ADR 001: Database Choice - PostgreSQL for Production, H2 for Tests

Status: Accepted
Date: October 31, 2025
Authors: Architecture Team
Stakeholders: Backend Team, DevOps, QA

Problem Statement

StockEase requires a persistent data store for product inventory, user management, and audit trails. We need to decide on: 1. Production database technology 2. Testing database technology 3. Data consistency model 4. Scalability approach

Requirements

  • ✅ ACID compliance (data consistency)
  • ✅ Support for complex queries
  • ✅ Horizontal scaling capability
  • ✅ Easy backups and recovery
  • ✅ Fast test execution
  • ✅ No external dependencies during development

Decision

Production: PostgreSQL 17.5 (managed on Neon)
Testing: H2 (in-memory)
Migration Tool: Flyway 11.7.2

Rationale

Why PostgreSQL for Production?

  1. ACID Compliance
    • Guarantees data integrity
    • Supports complex transactions
    • Prevents data corruption
  2. Query Capabilities
    • Full-text search support
    • JSON/JSONB data types
    • Window functions for analytics
    • CTEs (Common Table Expressions)
  3. Scalability
    • Connection pooling support
    • Read replicas
    • Horizontal scaling with Citus extension
    • Partitioning for large tables
  4. Operational Excellence
    • Extensive monitoring tools
    • Point-in-time recovery
    • Proven in enterprise environments
    • Large community and support
  5. Cloud Integration
    • Neon provides serverless PostgreSQL
    • Automatic backups
    • Easy scaling without manual intervention
    • Pay-as-you-go pricing

Why H2 for Testing?

  1. Test Speed
    • In-memory database
    • No network latency
    • Fast startup and teardown
    • Tests complete in seconds
  2. Test Isolation
    • Each test gets fresh database
    • No test pollution
    • Parallel test execution possible
    • Deterministic results
  3. No Dependencies
    • No external services needed
    • Developers don’t need PostgreSQL installed
    • CI/CD doesn’t need database service
    • Faster feedback loop
  4. Debugging
    • Easy to inspect test data
    • No network issues to debug
    • Deterministic behavior
    • Simple to understand failures

Why Flyway?

  1. Version Control
    • Schema changes tracked in Git
    • Reproducible deployments
    • Easy to review changes
  2. Safety
    • Validates migrations before execution
    • Prevents duplicate execution
    • Rollback on failure
  3. Database Agnostic
    • Same migrations work on H2 (tests) and Postgres (production)
    • Catch DB-specific issues early
  4. Simplicity
    • SQL-based migrations
    • No ORM magic
    • Full control over schema changes

Alternative Approaches Considered

1. MySQL for Production, H2 for Tests

Rejected because: - PostgreSQL has better JSON support - PostgreSQL has more advanced features (window functions, CTEs) - PostgreSQL scales better horizontally

2. MongoDB (NoSQL)

Rejected because: - ACID compliance not guaranteed - Join operations complex - Inventory management needs structured data - Team experience with SQL databases

3. Same database for tests and production (PostgreSQL everywhere)
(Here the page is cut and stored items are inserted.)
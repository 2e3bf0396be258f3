ghost use Rattle.std.specs.Prelude.{◌≡◌, ◌<◌, ◌≤◌, ◌↔◌, ℕ, List, length, take, vec_len, IfOk, OnOk, OnErr, IsErr, IsErrOf, IsTrue, IsFalse};
ghost use Rattle.std.specs.Io.{ReadsAtMost};
ghost use Rattle.std.specs.Io.KnownBytes.{Consumes, IsAtEnd, ReadConsumes};
ghost use Rattle.exh_stream.specs.Source.{LosesFrontOf, LosesLonger, LosesSome, ReadsFrom, SameReader, ReaderUntouched, reader_failed, unread};

use crate::{BLOCK, InputFault};
use std::alloc::Global;
use std::io::Read;
use thiserror::Error;

/// A reader failed.
#[derive(Clone, Copy, Debug, PartialEq, Eq, Error)]
#[error("the reader failed")]
pub struct ReadFault;

/// A reader that is not read again once it has failed. Any error of the reader is a fault, an
/// interrupted read too.
#[derive(Drop)]
pub struct Source<'r, R: Read> {
    reader: &'r mut R,
    has_failed: bool,
}

impl<'r, R: Read> Source<'r, R> {
    /// A source over this reader, of which nothing is read yet.
    pub fn new(reader: &'r mut R) -> Source<'r, R>
        ensures reads_from { ReadsFrom result reader.entry }
        ensures open { IsFalse (reader_failed result) }
    {
        Source {
            reader,
            has_failed: false,
        }
    }

    /// Fills the block, and gives the number of bytes: fewer than the block has only at the end. It
    /// reads at most as often as the block has bytes.
    ///
    /// `Err`: the reader failed, now or before. What it gave until then is lost to it, and stands in
    /// the block.
    pub fn fill(&mut self, block: &mut [u8]) -> Result<usize, ReadFault>
        ensures same_reader { SameReader self.old self.new }
        ensures bound { ReadsAtMost result block.new }
        ensures len { length block.new ≡ length block.old }
        ensures ok { IfOk result (λ count.
            Consumes (unread R.remaining self.old) (unread R.remaining self.new) (take count block.new)) }
        ensures end { IfOk result (λ count.
            count < length block.new → IsAtEnd (unread R.remaining self.new)) }
        ensures err { OnErr result
            (LosesFrontOf (unread R.remaining self.old) (unread R.remaining self.new) block.new) }
        ensures failed { IsErr result ↔ IsTrue (reader_failed self.new) }
        ensures closed { IsTrue (reader_failed self.old) →
            IsErr result × ReaderUntouched self.old self.new }
    {
        if self.has_failed {
            return Err(ReadFault);
        }
        let mut filled = 0;
        while filled < block.len() {
            let count = self.read(&mut block[filled..])?;
            if count == 0 {
                return Ok(filled);
            }
            filled += count;
        }
        Ok(filled)
    }

    /// Reads all that the reader has, of at most `limit` bytes.
    ///
    /// `TooLong`: more bytes came; those up to the limit and one more are lost. `Read`: the reader
    /// failed, now or before. `Memory`: a growth was refused. The one met first counts.
    pub fn read_whole(&mut self, alloc: Global, limit: usize) -> Result<Vec<u8>, InputFault>
        ensures same_reader { SameReader self.old self.new }
        ensures ok { IfOk result (λ bytes.
            Consumes (unread R.remaining self.old) (unread R.remaining self.new) bytes.items) }
        ensures end { OnOk result (IsAtEnd (unread R.remaining self.new)) }
        ensures within { IfOk result (λ bytes. vec_len bytes ≤ limit) }
        ensures too_long { IsErrOf result InputFault.TooLong →
            LosesLonger (unread R.remaining self.old) (unread R.remaining self.new) limit }
        ensures err { OnErr result
            (LosesSome (unread R.remaining self.old) (unread R.remaining self.new)) }
        ensures failed { IsErrOf result InputFault.Read ↔ IsTrue (reader_failed self.new) }
        ensures closed { IsTrue (reader_failed self.old) →
            IsErr result × ReaderUntouched self.old self.new }
    {
        if self.has_failed {
            return Err(InputFault::Read);
        }
        let mut bytes = Vec::new(alloc);
        let mut block = [0; BLOCK];
        loop {
            let room = limit - bytes.len();
            // One byte past the limit tells that there are too many.
            let asked = if room < BLOCK { room + 1 } else { BLOCK };
            let count = self.fill(&mut block[..asked])?;
            if count > room {
                return Err(InputFault::TooLong);
            }
            bytes.extend_from_slice(&block[..count])?;
            if count < asked {
                return Ok(bytes);
            }
        }
    }

    // Reads once.
    fn read(&mut self, block: &mut [u8]) -> Result<usize, ReadFault>
        requires { IsFalse (reader_failed self.old) }
        ensures same_reader { SameReader self.old self.new }
        ensures bound { ReadsAtMost result block.new }
        ensures len { length block.new ≡ length block.old }
        ensures bytes { ReadConsumes (unread R.remaining self.old) (unread R.remaining self.new)
            result block.new }
        ensures failed { IsErr result ↔ IsTrue (reader_failed self.new) }
    {
        match self.reader.read(block) {
            Ok(count) => Ok(count),
            Err(_) => {
                self.has_failed = true;
                Err(ReadFault)
            }
        }
    }
}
Rejected because: - Slower test execution - Requires running database service during development - More expensive (Neon cost for test runs) - Test data management becomes complex

4. Liquibase instead of Flyway

Rejected because: - Flyway is simpler and faster - YAML/JSON format adds complexity - SQL-based migrations are more direct - Flyway has smaller learning curve

Consequences

Positive

  • ✅ Fast test execution (< 1 minute for 65 tests)
  • ✅ Production-grade data consistency
  • ✅ Scalable architecture
  • ✅ Easy to scale database horizontally
  • ✅ Developers can work without external DB
  • ✅ Catch DB issues early in tests

Negative

  • ❌ H2 doesn’t support all Postgres features
  • ❌ Need database-agnostic SQL in migrations
  • ❌ Developers must understand SQL
  • ❌ Complex queries must be tested carefully

Mitigation Strategies

For H2/Postgres Incompatibility

  • Use database-agnostic SQL patterns
  • Avoid Postgres-specific features in application SQL
  • Test migrations on both databases
  • Document any DB-specific code

For SQL Complexity

  • Use Spring Data JPA for simple queries
  • Write and test complex SQL carefully
  • Document complex queries
  • Code review for database changes
  • ADR 003: ORM Choice (Spring Data JPA)
  • ADR 004: Caching Strategy (Future)

Implementation Status

  • ✅ PostgreSQL 17.5 on Neon (production)
  • ✅ H2 2.3.232 (testing)
  • ✅ Flyway 11.7.2 (migrations)
  • ✅ HikariCP connection pooling
  • ✅ 65+ passing tests

Verification

To verify this decision in code:

-- Check database type
SELECT version();

-- Check Flyway migrations
SELECT * FROM flyway_schema_history;

-- Check connection pooling
SHOW max_connections;

Questions & Answers

Q: Can we switch databases later?
A: Yes, but it would require significant effort. Flyway helps with migrations, but application code might need changes if using DB-specific features.

Q: Is PostgreSQL expensive?
A: Neon uses pay-as-you-go pricing. For a small project, it’s very affordable (~$5-10/month).

Q: Why not use MongoDB for flexibility?
A: Product inventory data is highly structured. Relational model is more natural and provides better consistency.